Let me clear up some things that have been added in replies. First OM did not offer to drive it was actually his girlfriend that presented the offer. I gave up the front seat, wife was gonna sit in back. We were both pretty wasted at the time, so the ride was a best choice to avoid a DUI accident or worse. For those of you that think I am being stupid when I said I didn't say anything the fits time I saw them holding hands it wasn't really stupidity, it was more like I was thinking if I let this go what will happen? Will they get more bold? Assume I'm passed out and do more? Will I finally get some real proof? I am also not a confrontational person at all I am the exact opposite I like to keep the peace with everyone, maybe this is a fault in this situation but not always.

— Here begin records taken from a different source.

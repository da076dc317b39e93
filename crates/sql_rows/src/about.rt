//! Whose tables they are, and in which version; with the tables of a service, as they are made.

ghost use Rattle.std.specs.Prelude.{◌≡◌, ◌≤◌, false, OnOk, IfOk, IsTrue, None, ◌∷◌, ◌++◌, []};
ghost use Rattle.sqlite.specs.Held.{state};
ghost use Rattle.sqlite.specs.State.{HasCleanDisk, KeepsCommit, Survives};
ghost use Rattle.sqlite_trees.specs.Tree.{Trees};
ghost use Rattle.sqlite_trees.specs.View.{doubt};
ghost use Rattle.sqlite_value.specs.Order.{column};
ghost use Rattle.sql_rows.specs.Schema.{AreMade, Founds, IsUnderWay, Makes, about_tree, common_tables, no_tables};
ghost use Rattle.sql_rows.specs.Schema.{own_tables, schema_of, tables_of};
ghost use Rattle.sql_rows.specs.Tables.{AreInOrder, Stays, by_position};

use crate::common_tables::create_common;
use crate::own_tables::create_own;
use crate::service::Service;
use crate::statements::{read, text, write};
use sqlite::{Alter, Connection, Error, Row, Transaction};

/// Makes the table that says whose tables they are.
fn create_about<S: Alter>(tx: &mut Transaction<'_, S>, _service: Service) -> Result<usize, Error>
    requires made { HasCleanDisk (state S.Store tx.old.conn.now)
        → AreMade (common_tables ++ own_tables _service) (state S.Store tx.old.conn.now).now }
    requires inside { HasCleanDisk (state S.Store tx.old.conn.now)
        → IsTrue (state S.Store tx.old.conn.now).in_transaction }
    ensures same_reference { tx.new.conn.ghost_name ≡ tx.old.conn.ghost_name }
    ensures ok { HasCleanDisk (state S.Store tx.new.conn.now)
        → OnOk result (Makes (tables_of _service) (state S.Store tx.old.conn.now) (state S.Store tx.new.conn.now)) }
    ensures on { IsUnderWay (state S.Store tx.old.conn.now) (state S.Store tx.new.conn.now) }
{
    // The key's check lets in a single row: a file is of one service.
    write(
        tx,
        "CREATE TABLE about (one INTEGER PRIMARY KEY CHECK (one = 1), version INTEGER NOT NULL, \
         service TEXT NOT NULL) STRICT",
        &[],
    )
}

/// Tells whose tables they are, in version 2.
fn add_about<S: Alter>(tx: &mut Transaction<'_, S>, service: Service) -> Result<usize, Error>
    requires made { HasCleanDisk (state S.Store tx.old.conn.now)
        → AreMade (tables_of service) (state S.Store tx.old.conn.now).now }
    requires inside { HasCleanDisk (state S.Store tx.old.conn.now)
        → IsTrue (state S.Store tx.old.conn.now).in_transaction }
    ensures same_reference { tx.new.conn.ghost_name ≡ tx.old.conn.ghost_name }
    ensures ok { HasCleanDisk (state S.Store tx.new.conn.now)
        → OnOk result (Founds service (state S.Store tx.old.conn.now) (state S.Store tx.new.conn.now)) }
    ensures on { IsUnderWay (state S.Store tx.old.conn.now) (state S.Store tx.new.conn.now) }
{
    // `one` isn't bound: SQLite numbers the only row by 1, which the check asks for.
    write(
        tx,
        "INSERT INTO about (version, service) VALUES (2, ?1)",
        &[text(service.name())],
    )
}

/// Makes all tables of a service but the last.
#[tactic(auto, using(crate::proofs::Creates::then_makes, crate::proofs::Creates::then_goes_on))]
fn create_rows<S: Alter>(tx: &mut Transaction<'_, S>, service: Service) -> Result<usize, Error>
    requires made { HasCleanDisk (state S.Store tx.old.conn.now) → AreMade [] (state S.Store tx.old.conn.now).now }
    requires inside { HasCleanDisk (state S.Store tx.old.conn.now)
        → IsTrue (state S.Store tx.old.conn.now).in_transaction }
    ensures same_reference { tx.new.conn.ghost_name ≡ tx.old.conn.ghost_name }
    ensures ok { HasCleanDisk (state S.Store tx.new.conn.now)
        → OnOk result (Makes (common_tables ++ own_tables service)
        (state S.Store tx.old.conn.now) (state S.Store tx.new.conn.now)) }
    ensures on { IsUnderWay (state S.Store tx.old.conn.now) (state S.Store tx.new.conn.now) }
{
    create_common(tx)?;
    create_own(tx, service)
}

/// Makes the tables of a service where there are none, with no rows but the one that tells whose they are.
#[tactic(auto, using(crate::proofs::Creates::then_makes, crate::proofs::Creates::then_goes_on, crate::proofs::AboutRows::then_founds))]
pub fn create_tables<S: Alter>(
    tx: &mut Transaction<'_, S>,
    service: Service,
) -> Result<usize, Error>
    requires none { HasCleanDisk (state S.Store tx.old.conn.now)
        → (state S.Store tx.old.conn.now).now.schema ≡ no_tables }
    requires inside { HasCleanDisk (state S.Store tx.old.conn.now)
        → IsTrue (state S.Store tx.old.conn.now).in_transaction }
    ensures same_reference { tx.new.conn.ghost_name ≡ tx.old.conn.ghost_name }
    ensures ok { HasCleanDisk (state S.Store tx.new.conn.now)
        → OnOk result (Founds service (state S.Store tx.old.conn.now) (state S.Store tx.new.conn.now)) }
    ensures kept { HasCleanDisk (state S.Store tx.new.conn.now)
        → KeepsCommit (state S.Store tx.old.conn.now) (state S.Store tx.new.conn.now) }
    ensures survives { Survives (state S.Store tx.old.conn.now) (state S.Store tx.new.conn.now) (λ _. ⊥) }
{
    // The common tables come first and `about` last, so that one function serves all three services.
    create_rows(tx, service)?;
    create_about(tx, service)?;
    add_about(tx, service)
}

/// The version of the tables and the name of their service.
pub fn read_about<S: Alter>(conn: &mut Connection<S>, service: Service) -> Result<Vec<Row>, Error>
    requires schema { HasCleanDisk (state S.Store conn.old)
        → (state S.Store conn.old).now.schema ≡ schema_of service }
    requires settled { HasCleanDisk (state S.Store conn.old)
        → (state S.Store conn.old).now ≡ (state S.Store conn.old).committed }
    requires autocommit { conn.old.in_transaction ≡ false }
    ensures rows { HasCleanDisk (state S.Store conn.new) → IfOk result (λ rows.
        AreInOrder by_position None (λ x. column x 2 ∷ column x 3 ∷ [])
        ((state S.Store conn.old).now.trees (about_tree service)) rows.items) }
    ensures autocommit { conn.new.in_transaction ≡ false }
    ensures open { HasCleanDisk (state S.Store conn.new) → OnOk result (IsTrue (state S.Store conn.new).is_open) }
    ensures stays { HasCleanDisk (state S.Store conn.new) → Stays (state S.Store conn.old) (state S.Store conn.new) }
    ensures clean { doubt (state S.Store conn.old).is_clean ≤ doubt (state S.Store conn.new).is_clean }
    ensures crash { HasCleanDisk (state S.Store conn.new) → (db : Trees)
        → (state S.Store conn.new).may_leave db → (state S.Store conn.old).may_leave db }
{
    read(conn, "SELECT version, service FROM about ORDER BY one", &[])
}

I am certainly not going to change a personality trait immediately. So, while I understand your thoughts and what you would have done in the situation that's just not me. I am not stupid I thought this guy was truly OUR friend so I trusted them up until Saturday. I had no real reason not to. I didn't get into it fully but the person that was said to be the rumor starter has a history of interfering with relationships of her friends or former friends as most turn out to be. I put that first post up from my phone so all this typing is a bit cumbersome with just thumbs, I just needed to get it out & get some other opinions.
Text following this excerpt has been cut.